- **About this task**: Upon reaching the line containing "let book = &reached.book;", output that line and all remaining lines exactly, through the end of the entries, and output nothing before it.

── Records

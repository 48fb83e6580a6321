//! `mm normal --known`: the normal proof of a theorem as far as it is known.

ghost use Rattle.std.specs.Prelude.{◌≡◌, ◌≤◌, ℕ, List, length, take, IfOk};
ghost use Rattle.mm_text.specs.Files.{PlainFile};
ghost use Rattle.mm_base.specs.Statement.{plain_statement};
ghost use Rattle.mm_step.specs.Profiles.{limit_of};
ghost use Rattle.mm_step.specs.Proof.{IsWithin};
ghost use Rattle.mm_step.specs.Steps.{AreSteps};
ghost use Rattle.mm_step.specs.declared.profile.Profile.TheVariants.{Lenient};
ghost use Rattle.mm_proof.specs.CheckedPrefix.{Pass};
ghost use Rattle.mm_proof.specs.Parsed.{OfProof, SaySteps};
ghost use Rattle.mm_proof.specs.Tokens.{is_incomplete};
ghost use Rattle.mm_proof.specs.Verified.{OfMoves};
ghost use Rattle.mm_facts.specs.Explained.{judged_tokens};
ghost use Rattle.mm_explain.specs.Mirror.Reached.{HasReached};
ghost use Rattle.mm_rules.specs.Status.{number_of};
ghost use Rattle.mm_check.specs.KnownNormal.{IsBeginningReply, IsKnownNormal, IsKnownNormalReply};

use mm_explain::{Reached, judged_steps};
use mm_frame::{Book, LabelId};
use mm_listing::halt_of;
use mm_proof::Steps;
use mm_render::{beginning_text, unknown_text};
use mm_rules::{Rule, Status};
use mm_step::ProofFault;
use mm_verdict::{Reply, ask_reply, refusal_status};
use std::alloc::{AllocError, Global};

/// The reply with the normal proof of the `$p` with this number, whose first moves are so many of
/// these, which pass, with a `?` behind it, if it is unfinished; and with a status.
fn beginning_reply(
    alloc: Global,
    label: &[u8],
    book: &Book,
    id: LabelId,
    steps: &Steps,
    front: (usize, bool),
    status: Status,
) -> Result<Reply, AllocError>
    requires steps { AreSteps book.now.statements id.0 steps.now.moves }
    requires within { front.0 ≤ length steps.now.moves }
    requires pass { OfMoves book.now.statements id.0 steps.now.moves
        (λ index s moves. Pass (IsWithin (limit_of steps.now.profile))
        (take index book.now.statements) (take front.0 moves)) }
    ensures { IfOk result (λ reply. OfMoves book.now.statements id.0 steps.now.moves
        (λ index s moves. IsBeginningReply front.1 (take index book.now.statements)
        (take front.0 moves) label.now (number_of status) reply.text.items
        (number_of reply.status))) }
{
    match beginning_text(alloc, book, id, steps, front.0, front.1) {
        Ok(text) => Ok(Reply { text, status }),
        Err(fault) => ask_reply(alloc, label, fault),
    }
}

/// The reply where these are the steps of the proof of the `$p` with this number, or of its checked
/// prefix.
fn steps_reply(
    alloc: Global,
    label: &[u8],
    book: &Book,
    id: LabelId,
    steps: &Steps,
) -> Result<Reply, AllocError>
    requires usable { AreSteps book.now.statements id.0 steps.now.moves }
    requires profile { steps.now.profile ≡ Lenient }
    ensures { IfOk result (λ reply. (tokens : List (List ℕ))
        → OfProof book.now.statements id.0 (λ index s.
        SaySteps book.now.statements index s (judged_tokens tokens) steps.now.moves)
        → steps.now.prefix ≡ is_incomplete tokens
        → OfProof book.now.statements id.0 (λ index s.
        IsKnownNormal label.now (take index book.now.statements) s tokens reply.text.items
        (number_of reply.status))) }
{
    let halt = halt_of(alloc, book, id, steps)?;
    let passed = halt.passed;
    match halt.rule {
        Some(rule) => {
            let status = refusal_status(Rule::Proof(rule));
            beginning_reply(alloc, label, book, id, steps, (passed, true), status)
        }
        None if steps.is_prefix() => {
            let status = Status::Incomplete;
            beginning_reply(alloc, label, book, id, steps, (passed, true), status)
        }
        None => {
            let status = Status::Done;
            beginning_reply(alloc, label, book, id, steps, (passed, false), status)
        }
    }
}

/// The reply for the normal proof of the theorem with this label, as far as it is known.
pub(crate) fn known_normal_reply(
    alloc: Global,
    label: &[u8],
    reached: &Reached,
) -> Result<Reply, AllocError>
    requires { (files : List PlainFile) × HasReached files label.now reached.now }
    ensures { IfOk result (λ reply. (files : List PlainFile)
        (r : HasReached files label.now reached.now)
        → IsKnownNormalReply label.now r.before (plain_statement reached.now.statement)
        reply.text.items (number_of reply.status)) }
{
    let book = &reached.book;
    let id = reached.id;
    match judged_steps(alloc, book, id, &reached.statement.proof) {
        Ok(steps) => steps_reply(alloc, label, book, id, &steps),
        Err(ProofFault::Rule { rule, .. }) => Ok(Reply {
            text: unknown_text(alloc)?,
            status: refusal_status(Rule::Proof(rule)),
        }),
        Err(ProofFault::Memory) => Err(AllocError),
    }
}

────

- **Response area**:
    let book = &reached.book;
    let id = reached.id;
    match judged_steps(alloc, book, id, &reached.statement.proof) {
        Ok(steps) => steps_reply(alloc, label, book, id, &steps),
        Err(ProofFault::Rule { rule, .. }) => Ok(Reply {
            text: unknown_text(alloc)?,
            status: refusal_status(Rule::Proof(rule)),
        }),
        Err(ProofFault::Memory) => Err(AllocError),
    }
}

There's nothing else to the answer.